How to complete this task: If a line below contains the string "derive", copy it out.

-------------------------

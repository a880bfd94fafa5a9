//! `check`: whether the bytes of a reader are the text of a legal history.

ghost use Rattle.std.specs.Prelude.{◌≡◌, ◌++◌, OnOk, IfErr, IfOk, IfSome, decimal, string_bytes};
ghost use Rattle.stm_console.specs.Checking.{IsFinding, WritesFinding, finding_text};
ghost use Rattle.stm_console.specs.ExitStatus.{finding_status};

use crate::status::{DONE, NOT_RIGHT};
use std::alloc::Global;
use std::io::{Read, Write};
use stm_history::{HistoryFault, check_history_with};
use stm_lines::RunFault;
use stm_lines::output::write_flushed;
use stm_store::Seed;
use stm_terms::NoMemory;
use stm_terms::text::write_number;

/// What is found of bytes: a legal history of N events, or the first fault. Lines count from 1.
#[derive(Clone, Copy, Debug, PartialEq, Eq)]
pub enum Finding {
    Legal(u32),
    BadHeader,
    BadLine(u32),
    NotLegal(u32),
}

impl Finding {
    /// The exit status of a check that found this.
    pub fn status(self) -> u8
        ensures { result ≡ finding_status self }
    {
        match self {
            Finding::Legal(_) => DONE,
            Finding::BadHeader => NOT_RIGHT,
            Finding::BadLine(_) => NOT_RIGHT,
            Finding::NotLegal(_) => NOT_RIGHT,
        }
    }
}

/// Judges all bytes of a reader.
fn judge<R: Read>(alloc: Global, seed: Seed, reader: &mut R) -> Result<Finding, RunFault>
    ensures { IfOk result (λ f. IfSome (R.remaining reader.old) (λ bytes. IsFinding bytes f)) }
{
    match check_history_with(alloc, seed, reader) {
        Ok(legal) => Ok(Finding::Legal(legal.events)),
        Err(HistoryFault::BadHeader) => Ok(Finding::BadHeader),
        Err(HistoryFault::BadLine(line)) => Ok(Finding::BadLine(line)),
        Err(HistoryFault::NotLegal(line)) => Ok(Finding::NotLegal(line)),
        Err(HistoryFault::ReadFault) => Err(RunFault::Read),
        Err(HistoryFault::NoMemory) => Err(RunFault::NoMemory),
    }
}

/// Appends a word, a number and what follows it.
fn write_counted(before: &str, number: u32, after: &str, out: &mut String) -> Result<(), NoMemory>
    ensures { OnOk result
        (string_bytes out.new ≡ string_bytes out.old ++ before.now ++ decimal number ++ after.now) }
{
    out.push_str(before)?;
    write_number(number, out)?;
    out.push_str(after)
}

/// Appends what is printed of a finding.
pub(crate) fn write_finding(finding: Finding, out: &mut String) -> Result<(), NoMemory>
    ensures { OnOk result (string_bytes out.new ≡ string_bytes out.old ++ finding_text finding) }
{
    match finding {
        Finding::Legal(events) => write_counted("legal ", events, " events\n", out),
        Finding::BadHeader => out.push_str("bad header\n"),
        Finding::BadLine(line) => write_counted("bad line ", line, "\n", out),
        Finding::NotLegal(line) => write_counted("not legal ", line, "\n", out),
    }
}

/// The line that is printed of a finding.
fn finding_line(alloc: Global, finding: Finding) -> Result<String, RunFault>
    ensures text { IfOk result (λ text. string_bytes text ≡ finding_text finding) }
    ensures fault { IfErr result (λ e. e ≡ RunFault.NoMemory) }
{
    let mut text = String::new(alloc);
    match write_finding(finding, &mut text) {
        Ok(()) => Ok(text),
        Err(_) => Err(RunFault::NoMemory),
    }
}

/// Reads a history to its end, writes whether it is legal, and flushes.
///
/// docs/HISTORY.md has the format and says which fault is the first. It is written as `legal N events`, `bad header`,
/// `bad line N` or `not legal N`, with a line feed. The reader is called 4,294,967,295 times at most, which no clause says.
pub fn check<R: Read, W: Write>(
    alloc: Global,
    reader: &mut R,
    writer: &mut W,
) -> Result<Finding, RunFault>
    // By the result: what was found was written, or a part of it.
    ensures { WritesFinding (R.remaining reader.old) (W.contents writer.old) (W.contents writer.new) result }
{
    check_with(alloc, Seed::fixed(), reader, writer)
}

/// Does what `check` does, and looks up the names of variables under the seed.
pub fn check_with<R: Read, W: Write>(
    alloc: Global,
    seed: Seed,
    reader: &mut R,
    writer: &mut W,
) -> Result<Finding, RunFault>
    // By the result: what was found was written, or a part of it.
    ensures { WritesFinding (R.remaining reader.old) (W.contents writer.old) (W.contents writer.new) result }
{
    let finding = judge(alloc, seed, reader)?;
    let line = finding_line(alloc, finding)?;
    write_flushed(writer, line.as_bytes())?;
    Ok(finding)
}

-------------------------

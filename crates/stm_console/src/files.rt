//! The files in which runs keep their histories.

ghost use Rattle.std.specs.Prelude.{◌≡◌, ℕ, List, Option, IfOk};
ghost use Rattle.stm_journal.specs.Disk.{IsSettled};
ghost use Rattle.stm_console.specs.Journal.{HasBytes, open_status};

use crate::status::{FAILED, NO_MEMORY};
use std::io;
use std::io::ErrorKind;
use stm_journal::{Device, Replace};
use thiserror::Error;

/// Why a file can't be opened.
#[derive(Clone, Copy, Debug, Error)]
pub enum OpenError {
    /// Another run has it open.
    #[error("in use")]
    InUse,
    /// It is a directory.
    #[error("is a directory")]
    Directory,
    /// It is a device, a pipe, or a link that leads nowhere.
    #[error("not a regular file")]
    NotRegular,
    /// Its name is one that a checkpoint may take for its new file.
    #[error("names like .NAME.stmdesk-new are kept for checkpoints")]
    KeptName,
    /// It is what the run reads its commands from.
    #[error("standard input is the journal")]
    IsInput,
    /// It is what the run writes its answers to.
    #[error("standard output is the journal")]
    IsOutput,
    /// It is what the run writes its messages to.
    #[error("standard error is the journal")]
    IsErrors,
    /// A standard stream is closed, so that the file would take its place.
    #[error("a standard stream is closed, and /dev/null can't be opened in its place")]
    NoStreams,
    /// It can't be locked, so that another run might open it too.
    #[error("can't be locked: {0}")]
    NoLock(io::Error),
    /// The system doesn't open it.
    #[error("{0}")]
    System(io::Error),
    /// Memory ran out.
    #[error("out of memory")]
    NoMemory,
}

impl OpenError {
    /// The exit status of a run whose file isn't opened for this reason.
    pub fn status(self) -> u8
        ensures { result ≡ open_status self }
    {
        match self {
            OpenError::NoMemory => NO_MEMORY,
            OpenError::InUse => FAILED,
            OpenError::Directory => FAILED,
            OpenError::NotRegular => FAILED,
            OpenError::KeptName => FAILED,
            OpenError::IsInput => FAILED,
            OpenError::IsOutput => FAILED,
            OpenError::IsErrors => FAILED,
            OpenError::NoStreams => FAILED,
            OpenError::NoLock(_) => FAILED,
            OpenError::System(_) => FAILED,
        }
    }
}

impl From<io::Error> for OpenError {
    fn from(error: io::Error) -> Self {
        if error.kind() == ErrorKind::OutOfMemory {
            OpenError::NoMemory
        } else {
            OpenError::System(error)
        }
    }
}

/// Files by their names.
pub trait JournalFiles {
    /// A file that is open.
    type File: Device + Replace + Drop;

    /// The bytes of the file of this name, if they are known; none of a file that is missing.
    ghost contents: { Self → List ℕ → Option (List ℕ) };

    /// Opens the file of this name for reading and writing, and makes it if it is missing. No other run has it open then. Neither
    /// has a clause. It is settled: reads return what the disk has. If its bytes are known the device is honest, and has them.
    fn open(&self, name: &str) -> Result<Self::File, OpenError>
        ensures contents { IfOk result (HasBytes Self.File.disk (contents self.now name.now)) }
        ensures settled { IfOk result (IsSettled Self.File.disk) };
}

-------------------------

Expected answer:
#[derive(Clone, Copy, Debug, PartialEq, Eq)]
#[derive(Clone, Copy, Debug, Error)]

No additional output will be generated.